Have you ever seen the guy in the gym with a shredded upper body like the hulk supported by toothpick legs? Even if they are normal sized, they look small because it is not proportionate. These guys look ridiculous (and I may make fun of them behind their back).

We’ll come back to this in a minute. So my boyfriend an I usually workout together pretty regularly. He used to be a cardio only kind of person, running 5 km and 10 km races and always on the go. I introduced him to weight training and eating a variety of foods that aren’t pizza and chicken fingers, and he hasn’t looked back since. He has put on quite a lot of muscle and he (and I 🙂 ) really like the outcome. However, recently with the move and my competition, we haven’t been working out as much together. I still get to the gym 4-5 days a week, but he might only go 2 times. Going to the gym twice a week is fine and you will still maintain results… except he did something that he knows is ridiculous, but I understand it. He decided that if he was only getting to the gym a couple of days, he would focus on “the glory muscles”.

This is not good. He was only working his chest and biceps for almost 2 weeks before he told me what he was doing, and he had not done a leg day in over a month! My own boyfriend was falling victim to one of the worst weight training traps a man has. Sometimes women forget that men have funny ideas about their bodies too.

Balance and proportion are so important to overall health an appearance. Muscle imbalances (i.e. training only your front and not your back) can result in injuries or poor posture. Plus it just looks funny if you get to a point where it is noticeable. So how to deal with this? There are a couple of different ways to train.
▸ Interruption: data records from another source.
impl SyntaxNode {
    /// The node's kind.
    pub fn kind(&self) -> SyntaxKind
        ensures { result ≡ kind_of (focus self.now) }
    {
        self.cursor().kind()
    }

    /// The range of the node's text in the whole tree's text, in bytes. A node without text has an
    /// empty range.
    pub fn text_range(&self) -> TextRange
        ensures { result ≡ range_of self.now }
    {
        self.cursor().text_range()
    }

    /// The node's text, a slice of the tree's one text.
    pub fn as_str(&self) -> &str
        ensures { result.now ≡ text (focus self.now) }
    {
        self.cursor().text()
    }

    /// The node that this one is a child of; `None` for the root. It takes constant time.
    pub fn parent(&self) -> Option<SyntaxNode>
        ensures { result ≡ parent_of self.now }
    {
        self.cursor().parent()
    }

    /// This node, its parent, its parent's parent, up to the root.
    pub fn ancestors(&self) -> Ancestors
        ensures { result ≡ ancestors_of self.now }
    {
        Ancestors::new(SyntaxNode::at(self.table.share(), self.row))
    }

    /// The first child, node or token, or `None` if there is none.
    pub fn first_child_or_token(&self) -> Option<SyntaxElement>
        ensures { result ≡ option_map element_of (first_child_of self.now) }
    {
        let row = self.table.first_child_row(self.row)?;
        Some(element(&self.table, row))
    }

    /// What follows this node in its parent, node or token; `None` for the last child and the root.
    pub fn next_sibling_or_token(&self) -> Option<SyntaxElement>
        ensures { result ≡ option_map element_of (next_sibling_of self.now) }
    {
        self.cursor().next_sibling_or_token()
    }

    /// The last child, node or token, or `None` if there is none. It climbs from the subtree's last
    /// row, so it takes time linear in the depth there.
    pub fn last_child_or_token(&self) -> Option<SyntaxElement>
        ensures { result ≡ option_map element_of (last_child_of self.now) }
    {
        let row = self.table.last_child_row(self.row)?;
        Some(element(&self.table, row))
    }

    /// What comes before this node in its parent, node or token; `None` for the first child and the
    /// root.
    ///
    /// Takes time linear in the depth of the previous sibling's subtree. Going back through all
    /// siblings takes time linear in the size of their subtrees.
    pub fn prev_sibling_or_token(&self) -> Option<SyntaxElement>
        ensures { result ≡ option_map element_of (prev_sibling_of self.now) }
    {
        self.cursor().prev_sibling_or_token()
    }

    /// The children, nodes and tokens, in order.
    pub fn children_with_tokens(&self) -> SyntaxElementChildren
        ensures { result ≡ children_of self.now }
    {
        SyntaxElementChildren::new(self.table.share(), self.row)
    }

    /// The child nodes, in order.
    pub fn children(&self) -> SyntaxNodeChildren
        ensures { result ≡ filter at_node (children_of self.now) }
    {
        SyntaxNodeChildren::new(self.children_with_tokens())
    }

    /// The first child node, or `None` if there is none. It passes over the tokens before it.
    pub fn first_child(&self) -> Option<SyntaxNode>
        ensures { result ≡ find at_node (children_of self.now) }
    {
        let mut children = self.children();
        children.next()
    }

    /// The last child node, or `None` if there is none. It passes over the tokens after it, and
    /// takes time linear in the depth of that node and of the sibling before it.
    pub fn last_child(&self) -> Option<SyntaxNode>
        ensures { result ≡ find at_node (reverse (children_of self.now)) }
    {
        let last = self.table.last_child_row(self.row);
        nearest_node(&self.table, last, Direction::Prev)
    }

    /// The nearest sibling node after this one, or `None` if there is none. It passes over the
    /// tokens between.
    pub fn next_sibling(&self) -> Option<SyntaxNode>
        ensures { result ≡ find at_node (following_of self.now) }
    {
        let next = self.table.next_sibling_row(self.row);
        nearest_node(&self.table, next, Direction::Next)
    }

    /// The nearest sibling node before this one, or `None` if there is none. It passes over the
    /// tokens between, and takes time linear in the depth of that node and of the sibling before
    /// it.
    pub fn prev_sibling(&self) -> Option<SyntaxNode>
        ensures { result ≡ find at_node (preceding_of self.now) }
    {
        let prev = self.table.prev_sibling_row(self.row);
        nearest_node(&self.table, prev, Direction::Prev)
    }

    /// The first child, node or token, that is not trivia (white space or a comment), or `None` if
    /// there is none. It passes over the trivia before it.
    pub fn first_child_no_trivia(&self) -> Option<SyntaxElement>
        ensures { result ≡ option_map element_of (find is_no_trivia (children_of self.now)) }
    {
        let first = self.table.first_child_row(self.row);
        first_no_trivia(SyntaxElementSiblings::new(self.table.share(), first, Direction::Next))
    }

    /// The nearest later sibling, node or token, that is not trivia (white space or a comment), or
    /// `None` if there is none. It passes over the trivia between.
    pub fn next_no_trivia(&self) -> Option<SyntaxElement>
        ensures { result ≡ option_map element_of (find is_no_trivia (following_of self.now)) }
    {
        self.cursor().next_no_trivia()
    }

    /// This node and its siblings in a direction, nodes and tokens. A step backwards takes time
    /// linear in the depth of the sibling before.
    pub fn siblings_with_tokens(&self, direction: Direction) -> SyntaxElementSiblings
        ensures { result ≡ siblings_in direction self.now }
    {
        self.cursor().siblings_with_tokens(direction)
    }

    /// This node and its sibling nodes in a direction. A step backwards takes time linear in the
    /// depth of the siblings before.
    pub fn siblings(&self, direction: Direction) -> SyntaxNodeSiblings
        ensures { result ≡ filter at_node (siblings_in direction self.now) }
    {
        SyntaxNodeSiblings::new(self.siblings_with_tokens(direction))
    }

    /// The first token below this node, or `None` if there is none. Takes time linear in the number
    /// of nodes before it.
    pub fn first_token(&self) -> Option<SyntaxToken>
        ensures { result ≡ find at_token (descendants_of self.now) }
    {
        let row = self.table.first_token_in(self.row)?;
        Some(SyntaxToken::at(self.table.share(), row))
    }

    /// The last token below this node, or `None` if there is none. Takes time linear in the number
    /// of nodes after it.
    pub fn last_token(&self) -> Option<SyntaxToken>
        ensures { result ≡ find at_token (reverse (descendants_of self.now)) }
    {
        let row = self.table.last_token_in(self.row)?;
        Some(SyntaxToken::at(self.table.share(), row))
    }

    /// The walk of the nodes alone: it enters this node, walks its child nodes in order, and leaves
    /// it.
    pub fn preorder(&self) -> Preorder
        ensures { result ≡ filter moves_at_node (walk_of self.now) }
    {
        Preorder::new(PreorderWithTokens::new(self.table.share(), self.row))
    }

    /// The nodes of this subtree in preorder, this node first.
    pub fn descendants(&self) -> Descendants
        ensures { result ≡ filter at_node (descendants_of self.now) }
    {
        Descendants::new(self.descendants_with_tokens())
    }

    /// The nodes of the whole tree whose rows have the numbers `from..to`, in preorder: a part of
    /// the [`descendants`](SyntaxNode::descendants) of the root. If there are fewer rows, it is all
    /// from `from` on.
    pub fn nodes_among_rows(&self, from: usize, to: usize) -> Descendants
        ensures within { to ≤ size self.now.tree
            → result ≡ filter at_node (cursors_from self.now.tree from (to - from)) }
        ensures past { size self.now.tree < to
            → result
            ≡ filter at_node (cursors_from self.now.tree from (size self.now.tree - from)) }
    {
        let count = self.table.len();
        let end = if to > count { count } else { to };
        let elements = DescendantsWithTokens::among(self.table.share(), from, end);
        Descendants::new(elements)
    }

    /// The walk that enters this node, walks its children in order, and leaves it.
    pub fn preorder_with_tokens(&self) -> PreorderWithTokens
        ensures { result ≡ walk_of self.now }
    {
        PreorderWithTokens::new(self.table.share(), self.row)
    }

    /// The nodes and tokens of this subtree in preorder, this node first.
    pub fn descendants_with_tokens(&self) -> DescendantsWithTokens
        ensures { result ≡ descendants_of self.now }
    {
        DescendantsWithTokens::new(self.table.share(), self.row)
    }
}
Whole body training – You train all major body parts in one workout

Lower/upper split – You train all lower body muscles on one day and all upper body muscles on another.

Muscle group splitting – You train a specific muscle group in each workout and never consecutively (i.e. pull muscles, push muscles, abs and shoulder, legs)

These basically go up in complexity and timing. Whole body training works well if you can only get into the gym 1-3 times per week and if you have a little bit longer to train on those days. One of the problems is that you usually don’t get to all the muscles and smaller muscles tend not to get trained. This is best for people looking to get into good overall shape and not training for anything specifically.

Upper/lower splits are the next level up. This is also good for people whole can only make it to the gym 2 – 4 times per week, but you should be going at least twice in order to hit both upper and lower at least once a week. This allows you to do more than one exercise for each muscle and work them a little harder, or to shorten your workouts a bit if you don’t have the time. Smaller muscle groups are less likely to be left out in this type of schedule.

The muscle grouping split is what I use and is what I started my boyfriend on which unfortunately led him to focus on certain glory muscles. I train with this schedule:

Monday – shoulders and abs + cardio

Tuesday – legs (heavy and slow)

Wednesday – cardio (longer session but light)

Thursday – Push muscles (chest and triceps) and abs +cardio

Friday – Legs (bodyweight and plyometrics)

Saturday or Sunday – Pull muscles (back and biceps) + cardio

I hit legs twice with different methods because I want to make sure that I am giving them as much attention as my upper body; my lower body tends to develop slower. This schedule allows me to really focus on the different angles of muscles and make sure that all aspects of the muscle group are worked in different ways so I look balanced and proportionate. It also allows me the flexibility to work a muscle group more or less if I feel like it is not developing proportionately. It’s a great method, but is time-consuming and is more geared towards higher levels of weight training. So if you are limited for time just do either whole body or lower/upper split.

If you are looking for a program to start you out bodybuilding.com has some really great options.